To get funding for a (mostly) localized public good, an Estimator would create an Estimate post and set the currency for compensation; suppose a project mostly has local impact, some regional impact, and a bit of impact on the overall ecosystem. The Estimator would indicate the expected impact in each of the currencies. Then, first and second tier validators are randomly selected from the relevant categories (within the wider ecosystem). Then, third-tier validators are randomly selected from each currency pool.
To drive demand for the local currency, as well as reduce expected sell pressures, each community can determine the economics associated with their currency and utility; for example, a town may decide to use its currency for municipal services and public transportation. A gaming community may decide to use its currency in games, and so on.

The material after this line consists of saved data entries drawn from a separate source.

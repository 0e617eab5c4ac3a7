// A call, or a press of Run to rest, by its name and the octets of its arguments, made as C makes it.
ghost use Rattle.std.specs.Prelude.{◌≡◌};
ghost use Rattle.calls.specs.Outcome.{outcome};
ghost use Rattle.sheet.specs.Play.{played};

use bench::exports::{
    nci_air, nci_command, nci_consume, nci_credit, nci_down, nci_fresh, nci_power, nci_push,
    nci_read, nci_reply, nci_report, nci_run, nci_send, nci_up,
};
use forms::names::Name;
use octets::{octet_at, window};

// Makes the call. A line of another form makes none, and its answer is 3.
pub fn play(area: &mut [u8], out: &mut [u8], name: Name, args: &[u8]) -> u64
    ensures { outcome result area.new out.new ≡ played name args.now area.old out.old }
{
    let first = octet_at(args, 0);
    match name {
        Name::Fresh => nci_fresh(area, out, args),
        Name::Power => nci_power(area, out),
        Name::Command => nci_command(
            area,
            out,
            first,
            octet_at(args, 1),
            window(args, 2, args.len()),
        ),
        Name::Send => nci_send(area, out, first, window(args, 1, args.len())),
        Name::Push => nci_push(area, out, first),
        Name::Down => nci_down(area, out),
        Name::Consume => nci_consume(area, out, first),
        Name::Credit => nci_credit(area, out),
        Name::Air => nci_air(area, out, args),
        Name::Reply => nci_reply(area, out),
        Name::Up => nci_up(area, out),
        Name::Report => nci_report(area, out, first),
        Name::Read => nci_read(args),
        Name::Bad => 3,
        Name::Run => nci_run(area, out),
    }
}
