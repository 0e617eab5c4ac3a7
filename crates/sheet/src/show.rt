// The line that an outcome prints, field by field. (text, at) as in `ascii::write`, and for its reason.
ghost use Rattle.std.specs.Prelude.{[], ◌++◌, ◌≤◌, length};
ghost use Rattle.ascii.specs.Digits.{hex_of, decimal_of};
ghost use Rattle.ascii.specs.Writing.{Wrote};
ghost use Rattle.calls.specs.Outcome.{outcome};
ghost use Rattle.calls.specs.Packet.{packet_call, handed_by};
ghost use Rattle.calls.specs.Word.{moves_in};
ghost use Rattle.sheet.specs.Show.{zero_buffer, joined, wire_shown, put_by, event_field, answer_field, drop_field, rfu_field, packet_field, message_field, moves_field, line_of};

use ascii::write::{put, put_decimal, put_octets};
use bench::exports::nci_packet;
use call_word::says;
use forms::names::{Name, is_run};
use octets::window;

// The event's name.
fn put_event(text: &mut [u8], at: usize, name: Name) -> usize
    requires { at ≤ length text.old }
    ensures { Wrote text.old at (event_field name) result text.new }
{
    let n = put(text, at, b"ev=");
    put(text, n, name.text())
}

// A label and a number.
fn put_number(text: &mut [u8], at: usize, label: &[u8], number: u16) -> usize
    requires { at ≤ length text.old }
    ensures { Wrote text.old at (label.now ++ decimal_of number) result text.new }
{
    let n = put(text, at, label);
    put_decimal(text, n, number)
}

// The event, the answer and the drop flag.
fn put_front(text: &mut [u8], at: usize, name: Name, w: u64) -> usize
    requires { at ≤ length text.old }
    ensures { Wrote text.old at (event_field name ++ answer_field w ++ drop_field w) result text.new }
{
    let mut n = put_event(text, at, name);
    n = put_number(text, n, b" ans=", u16::from(says::answer(w)));
    put_number(text, n, b" drop=", u16::from(says::dropped(w)))
}

// The reserved bits, in two digits.
fn put_rfu(text: &mut [u8], at: usize, w: u64) -> usize
    requires { at ≤ length text.old }
    ensures { Wrote text.old at (rfu_field w) result text.new }
{
    let n = put(text, at, b" rfu=");
    put_octets(text, n, &[says::rfu(w)])
}

// A packet of a wire, counted from its end: what the reader of packets hands out, and nothing where there is none.
fn put_packet(text: &mut [u8], at: usize, area: &[u8], wire: u8, back: u8) -> usize
    requires { at ≤ length text.old }
    ensures { Wrote text.old at (hex_of (joined (handed_by (packet_call area.now (zero_buffer back) wire back)))) result text.new }
{
    let mut buffer = [0u8; 1024];
    let w = nci_packet(area, &mut buffer, wire, back);
    if says::handed(w) {
        return put_octets(text, at, window(&buffer, 0, says::length(w)));
    }
    at
}

// The last n packets of a wire, in their order.
fn put_wire(text: &mut [u8], at: usize, area: &[u8], wire: u8, n: u8) -> usize
    requires { at ≤ length text.old }
    ensures { Wrote text.old at (hex_of (wire_shown wire n area.now)) result text.new }
{
    let mut next = at;
    // As `(0..n).rev()` the loop has no law in std that says which numbers it gives.
    for i in 0..n {
        next = put_packet(text, next, area, wire, n - 1 - i);
    }
    next
}

// The octets put on wires: down, then up.
fn put_wires(text: &mut [u8], at: usize, w: u64, area: &[u8]) -> usize
    requires { at ≤ length text.old }
    ensures { Wrote text.old at (hex_of (put_by (outcome w area.now []))) result text.new }
{
    let n = put_wire(text, at, area, 0, says::down(w));
    put_wire(text, n, area, 1, says::up(w))
}

// The same as a field, which a press leaves empty.
fn put_packets(text: &mut [u8], at: usize, name: Name, w: u64, area: &[u8]) -> usize
    requires { at ≤ length text.old }
    ensures { Wrote text.old at (packet_field name (outcome w area.now [])) result text.new }
{
    let n = put(text, at, b" pkt=");
    if is_run(name) {
        return n;
    }
    put_wires(text, n, w, area)
}

// The message handed out: nothing for none, a dash for an empty one.
fn put_message(text: &mut [u8], at: usize, w: u64, out: &[u8]) -> usize
    requires { at ≤ length text.old }
    ensures { Wrote text.old at (message_field (outcome w [] out.now)) result text.new }
{
    let n = put(text, at, b" msg=");
    if !says::handed(w) {
        return n;
    }
    let message = window(out, 0, says::length(w));
    if message.is_empty() {
        return put(text, n, b"-");
    }
    put_octets(text, n, message)
}

// How many moves a press made. No other line has the field.
fn put_moves(text: &mut [u8], at: usize, name: Name, w: u64) -> usize
    requires { at ≤ length text.old }
    ensures { Wrote text.old at (moves_field name (moves_in w)) result text.new }
{
    if is_run(name) {
        return put_number(text, at, b" moves=", says::moves(w) as u16);
    }
    at
}

// The whole line.
pub fn put_outcome(text: &mut [u8], name: Name, w: u64, area: &[u8], out: &[u8]) -> usize
    ensures { Wrote text.old 0 (line_of name (outcome w area.now out.now)) result text.new }
{
    let mut n = put_front(text, 0, name, w);
    n = put_rfu(text, n, w);
    n = put_packets(text, n, name, w, area);
    n = put_message(text, n, w, out);
    put_moves(text, n, name, w)
}
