// The record in the last 512 octets of the area: read, written, judged, and loaded for a call; the values of the configuration parameters behind it.
#![tactic(auto)]

pub mod judge;
pub mod load;
pub mod parameters;
pub mod places;
pub mod read;
pub mod write;
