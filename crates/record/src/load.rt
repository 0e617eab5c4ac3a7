// What every call does first: the record out of an area.
ghost use Rattle.std.specs.Prelude.{◌≡◌};
ghost use Rattle.record.specs.Load.{blank, load_of};

use crate::judge::judge;
use crate::places;
use crate::read::{decode, record_of};
use area::map::AREA;
use state::kinds::Record;
use state::refusal::Refusal;

// Why an area is not gone on with, and what its octets hold all the same: an area too short holds no octet of a record.
#[derive(Clone, Copy)]
pub struct Unsound {
    pub refusal: Refusal,
    pub record: Record,
}

// The rule alone, for a call that is not taken.
impl From<Unsound> for Refusal {
    ghost from_gives = { λ e r. r ≡ e.refusal };

    fn from(e: Unsound) -> Refusal {
        e.refusal
    }
}

// The record of no octets.
fn blank() -> Record
    ensures { result ≡ blank }
{
    record_of(&[0; places::END])
}

// An area too short has no record to look at, and a record that cannot be is refused.
#[tactic(auto, unfolding(crate::specs::Load::load_of))]
pub fn load(area: &[u8]) -> Result<Record, Unsound>
    ensures { result ≡ load_of area.now }
{
    if area.len() < AREA {
        return Err(Unsound {
            refusal: Refusal::TooShort,
            record: blank(),
        });
    }
    let record = decode(area);
    if !judge(area, record) {
        return Err(Unsound {
            refusal: Refusal::RecordDamaged,
            record,
        });
    }
    Ok(record)
}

We have proposed a protocol to compensate contributors to public goods based on the impact of their work through a value-preserving coin-issuance mechanism. The protocol aligns the incentives of all participants in the ecosystem to accurately estimate the impact of public goods and properly compensate contributors. It creates a decentralized economy where people can work in the public interest — permissionlessly. The protocol employs multiple layers of protection to ensure the integrity of the process and counteract attacks on the protocol. It solves the free-rider problem in public goods by preserving the value of the currency, while maximizing economic growth derived from public goods — thus creating a decentralized economy of abundance.
Abundance Protocol: Transforming our economy and solving the problem of public goods through crypto.